When selecting magnesia-alumina bricks, focus on the three key factors: ingredient ratio, key performance indicators, and compatibility with the intended use scenario. Ensure their high-temperature resistance, thermal shock resistance, and corrosion resistance meet actual requirements.
Ⅰ. Screening Key Ingredients and Performance Indicators
The composition and performance directly determine the quality of magnesia-alumina bricks.
Product test reports should specifically verify the following:
MgO and Al₂O₃ content: This is the foundation of brick performance, and the ratio must be tailored to the intended use scenario.
The higher the MgO content, the greater the brick’s resistance to high temperatures and alkaline slag corrosion. Generally, high-quality magnesia-alumina bricks have an MgO content of ≥75%.
Al₂O₃ primarily enhances thermal shock resistance, and its content is typically between 5% and 15%. A higher content reduces high-temperature strength, while a lower content results in insufficient thermal shock resistance.
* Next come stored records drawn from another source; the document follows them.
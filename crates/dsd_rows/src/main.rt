//! Runs the worked rows and the tables of cases that lie in `data/`, prints which of them differ,
//! how many of each file passed and how many files there were, and ends with 1 where one differs, a
//! file can't be read or a folder has none.
//!
//! `data/rows/` has files of rows, each what dsd is given and what has to come of it:
//!
//!     row a set stands in the order of its bytes
//!     words canon
//!     input values #{1 -1 256 "a"}
//!     status 0
//!     output hex b6 b0 01 01 b0 01 ff b0 02 01 00 b1 01 61 84
//!
//! Bytes are written as `text`, in `hex` or as `values` in text, behind that word or below it on
//! lines that begin with a bar. `%HH` is a byte, `%(N TEXT%)` a repetition, and `%[VALUES%]` a byte
//! string of written spellings. Behind the status stands the line on standard error. `input` and
//! `output` may also say which calls fail.
//!
//! `data/steps/` has files of rows for the machine alone, each a list of steps that are done to a
//! hub and of questions that are asked of it, a case a line:
//!
//!     row a sync is answered
//!     <arrive 1> => <opened 1>
//!     <packet 1 [[0 <S #:[0 5]>]]> => taken
//!     work => ran
//!     <turn 17> => <sent [[5 <M #t>]]>
//!     pending => 0
//!
//! Both sides are values in text, and repetitions may stand in them. `64 times` before a step has
//! it done so often. A packet stands as on the wire.
//!
//! `data/tables/` has tables for the calls of the codecs and of schemas, a case a line: what the
//! call is given, an arrow `=>`, and what it answers. `data/README` has all of it.
#![tactic(auto)]

ghost use Rattle.std.specs.Prelude.{◌≡◌, ◌≢◌, ◌≤◌, [], length, None, IfOk, IfErr};
ghost use Rattle.row_cases.specs.Findings.{capped_sum};
ghost use Rattle.row_cases.specs.Tables.{table_named as codec_table_named};
ghost use Rattle.row_cases.specs.declared.faults.Fault.TheVariants as fault;
ghost use Rattle.row_schemas.specs.Tables.{table_named};
ghost use Rattle.dsd_rows.specs.Counts.{IsRunOf, RanEach};
ghost use Rattle.dsd_rows.specs.Files.{FileHolds, TableHolds};

mod ran;

use crate::ran::{AllRan, Ran};
use row_cases::{Fault, Findings, Tally, one_difference};
use row_schemas::find_table;
use std::alloc::{AllocError, Global};
use std::process::ExitCode;
use std::rt::Runtime;
use std::{fs, io};

/// The folders of data, each with files of one kind.
#[derive(Clone, Copy)]
pub enum Folder {
    Rows,
    Steps,
    Tables,
}

impl Folder {
    fn name(self) -> &'static str {
        match self {
            Folder::Rows => "rows",
            Folder::Steps => "steps",
            Folder::Tables => "tables",
        }
    }
}

fn main(rt: HostRuntime) -> ExitCode {
    match run(&rt) {
        Ok(ran) if ran.cases().is_clean() => ExitCode::SUCCESS,
        _ => ExitCode::FAILURE,
    }
}

/// Runs all files, and prints what came of each. Of each folder a file at least was run, where no
/// case of it failed.
fn run<R: Runtime + AllocGlobal>(rt: &R) -> io::Result<AllRan>
    ensures { IfOk result RanEach }
{
    let ran = AllRan {
        rows: run_folder(rt, Folder::Rows)?,
        steps: run_folder(rt, Folder::Steps)?,
        tables: run_folder(rt, Folder::Tables)?,
    };
    let files = ran.files();
    let Tally { passed, failed } = ran.cases();
    println!(rt; "rows: {files} files, {passed} passed, {failed} failed")?;
    Ok(ran)
}

/// Runs the files of a folder, in the order of their names. One that can't be listed, or in which
/// nothing lies, is one difference.
fn run_folder<R: Runtime + AllocGlobal>(rt: &R, folder: Folder) -> io::Result<Ran>
    ensures { IfOk result (IsRunOf folder) }
{
    match names_in(rt, folder.name()) {
        Ok(names) if !names.is_empty() => run_files(rt, folder, &names),
        Ok(_) => fail_folder(rt, folder, "nothing lies in it"),
        Err(_) => fail_folder(rt, folder, "it can't be listed"),
    }
}

/// A difference for a folder, of which no file is run.
fn fail_folder<R: Runtime + AllocGlobal>(rt: &R, folder: Folder, why: &str) -> io::Result<Ran>
    ensures folder { IfOk result (λ ran. ran.folder ≡ folder) }
    ensures failed { IfOk result (λ ran. 1 ≤ ran.cases.failed) }
{
    let name = folder.name();
    println!(rt; "{name}: {why}")?;
    let mut ran = Ran::nothing(folder);
    ran.add_fault(&one_difference(rt.alloc(), why)?);
    Ok(ran)
}

/// Runs the files of these names, each of which is counted.
fn run_files<R: Runtime + AllocGlobal>(rt: &R, folder: Folder, names: &[String]) -> io::Result<Ran>
    ensures folder { IfOk result (λ ran. ran.folder ≡ folder) }
    ensures files { IfOk result (λ ran. ran.files ≡ capped_sum 0 (length names.now)) }
{
    let mut ran = Ran::nothing(folder);
    for name in names {
        let name = name.as_str();
        let findings = findings_of(rt, folder, name)?;
        print_findings(rt, folder.name(), name, &findings)?;
        ran.add(&findings);
    }
    Ok(ran)
}

/// Prints what differs in a file, and how many of it passed and failed.
fn print_findings<R: Runtime + AllocGlobal>(
    rt: &R,
    folder: &str,
    name: &str,
    findings: &Findings,
) -> io::Result<()> {
    for line in &findings.differences {
        println!(rt; "{folder}/{name}: {line}")?;
    }
    let (passed, failed) = (findings.passed, findings.failed());
    println!(rt; "{folder}/{name}: {passed} passed, {failed} failed")
}

/// The names of what lies in a folder, in ascending order.
fn names_in<R: Runtime + AllocGlobal>(rt: &R, folder: &str) -> io::Result<Vec<String>> {
    let mut names = Vec::new(rt.alloc());
    for entry in fs::read_dir(rt, folder)? {
        let entry = entry?;
        names.push(String::from_str(rt.alloc(), entry.file_name())?)?;
    }
    names.sort()?;
    Ok(names)
}

/// What came of a file. One that can't be read or judged is one difference.
fn findings_of<R: Runtime + AllocGlobal>(
    rt: &R,
    folder: Folder,
    name: &str,
) -> Result<Findings, AllocError> {
    let alloc = rt.alloc();
    let path = format!(in alloc; "{}/{name}", folder.name())?;
    match fs::read_to_string(rt, path.as_str()) {
        Ok(text) => findings_in(alloc, folder, name, text.as_str()),
        Err(_) => one_difference(alloc, "it can't be read"),
    }
}

/// What came of the text of a file: where nothing differs it holds.
fn findings_in(
    alloc: Global,
    folder: Folder,
    name: &str,
    text: &str,
) -> Result<Findings, AllocError>
    ensures { IfOk result (λ found. found.differences.items ≡ []
        → FileHolds folder name.now text.now found.passed) }
{
    match judge(alloc, folder, name, text) {
        Ok(findings) => Ok(findings),
        Err(fault) => {
            let why = format!(in alloc; "{fault}")?;
            one_difference(alloc, why.as_str())
        }
    }
}

fn judge(alloc: Global, folder: Folder, name: &str, text: &str) -> Result<Findings, Fault>
    ensures { IfOk result (λ found. found.differences.items ≡ []
        → FileHolds folder name.now text.now found.passed) }
{
    match folder {
        Folder::Rows => Ok(row_runs::judge_file(alloc, text)?),
        Folder::Steps => Ok(row_steps::judge_file(alloc, text)?),
        Folder::Tables => judge_in_table(alloc, name, text),
    }
}

/// What came of the cases of a table: one of schemas, or one of the codecs and the hash.
fn judge_in_table(alloc: Global, name: &str, text: &str) -> Result<Findings, Fault>
    ensures passing { IfOk result (λ found. found.differences.items ≡ []
        → TableHolds (table_named name.now) name.now text.now) }
    ensures unnamed { IfErr result (λ f. f ≢ fault.NoMemory
        → (table_named name.now ≡ None) × (codec_table_named name.now ≡ None)) }
{
    match find_table(name) {
        Some(table) => Ok(row_schemas::judge_table(alloc, table, text)?),
        None => row_cases::judge_table(alloc, name, text),
    }
}
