// Numbers as decimal digits.
#![tactic(auto)]

ghost use Rattle.std.specs.Prelude.{◌≡◌, [], ◌∷◌, ◌+◌, ◌%◌};
ghost use Rattle.basics.specs.Lay.{Writes, behind_of, put_at};
ghost use Rattle.decimal.specs.Decimal.{decimal_in, decimal_of, most_digits};
ghost use Rattle.text.specs.Owned.{appended};
ghost use Rattle.text.specs.private.Adds.{Adds};

use basics::put;
use std::convert::AsSlice;
use text::Text;

// The most digits that a number of 64 bits has.
pub const DIGITS: usize = 20;

// The last digit of a number.
fn last_digit(n: u64) -> [u8; 1]
    ensures { result ≡ (48 + n % 10) ∷ [] }
{
    [b'0' + (n % 10) as u8]
}

// Puts the last k digits at the most of n, the highest first.
fn put_digits(digits: &mut Text<DIGITS>, n: u64, k: usize)
    ensures { Adds most_digits digits.old digits.new (decimal_in k n) }
{
    if k == 0 {
        return;
    }
    if n >= 10 {
        put_digits(digits, n / 10, k - 1);
    }
    digits.put(&last_digit(n));
}

// All digits of n.
fn all_digits(n: u64) -> Text<DIGITS>
    ensures { result ≡ decimal_of n }
{
    let mut digits = Text::new();
    put_digits(&mut digits, n, DIGITS);
    digits
}

// Lays the digits of n from at on and gives the place behind them; where they have no room, changes nothing and gives at back.
pub fn put_decimal(dst: &mut [u8], at: usize, n: u64) -> usize
    ensures place { result ≡ behind_of dst.old at (decimal_of n) }
    ensures laid { dst.new ≡ put_at dst.old at (decimal_of n) }
    ensures next { Writes dst.old dst.new at result (decimal_of n) }
{
    put(dst, at, all_digits(n).as_slice())
}

// Puts the digits of n at the end of a text; where they have no room, changes nothing.
pub fn add_decimal<const N: usize>(text: &mut Text<N>, n: u64)
    ensures { text.new ≡ appended N text.old (decimal_of n) }
{
    text.put(all_digits(n).as_slice());
}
Bulk density: This reflects the density of the brick; a higher value indicates greater corrosion resistance.The bulk density of ordinary magnesia-alumina bricks must be ≥2.9g/cm³, while bricks used in high-temperature critical areas (such as the firing zone of a cement kiln) must be ≥3.0g/cm³.
Compressive strength at room temperature: This ensures the structural stability of the brick during transportation, masonry, and initial use. A strength of ≥35MPa is generally required. Lower strength can easily lead to breakage.
Thermal shock resistance: This assesses the brick’s ability to withstand sudden temperature changes and should be selected based on the operating method.
Batch kilns prioritize bricks with good thermal shock resistance. Typically, a strength loss of ≤20% after 3-5 cycles of 1100°C water cooling is required.
Ⅱ. Appearance and Physical Condition Inspection
Visual inspection and simple manual testing can be used to initially eliminate products with obvious defects and reduce operational risks.
Surface Quality: The brick surface must be flat and uniform in color, free of cracks, holes, impurities, or spots. Edges must be free of chipped corners or broken edges, as these increase the risk of spalling during use.
Dimensional Accuracy: Use a tape measure to measure length, width, and height. Deviations must comply with industry standards. Inaccurate dimensions can result in excessive gaps in the masonry, affecting the kiln’s airtightness.
Structural Solidity: Tap the brick and it should make a crisp sound. If it sounds dull, it may be loose or hollow inside and should be avoided.
Ⅲ. Precise Matching Based on Application Scenario
The performance requirements of magnesia-alumina bricks vary significantly across different industrial scenarios, requiring targeted selection to avoid wasted or insufficient performance.
Cement rotary kiln firing zones require refractory bricks that are resistant to high temperatures, alkali corrosion, and wear. Magnesia-alumina bricks with a high MgO content (≥80%), high bulk density, and high wear resistance are recommended.
Glass furnace regenerators require resistance to thermal shock and alkaline gas corrosion. Therefore, bricks with a moderate Al₂O₃ content (8%-12%) and good thermal shock resistance are recommended.
Non-ferrous metal smelting furnaces require resistance to slag corrosion and high temperatures. Therefore, bricks with high density and low impurities (Fe₂O₃ ≤ 1.5%) are recommended.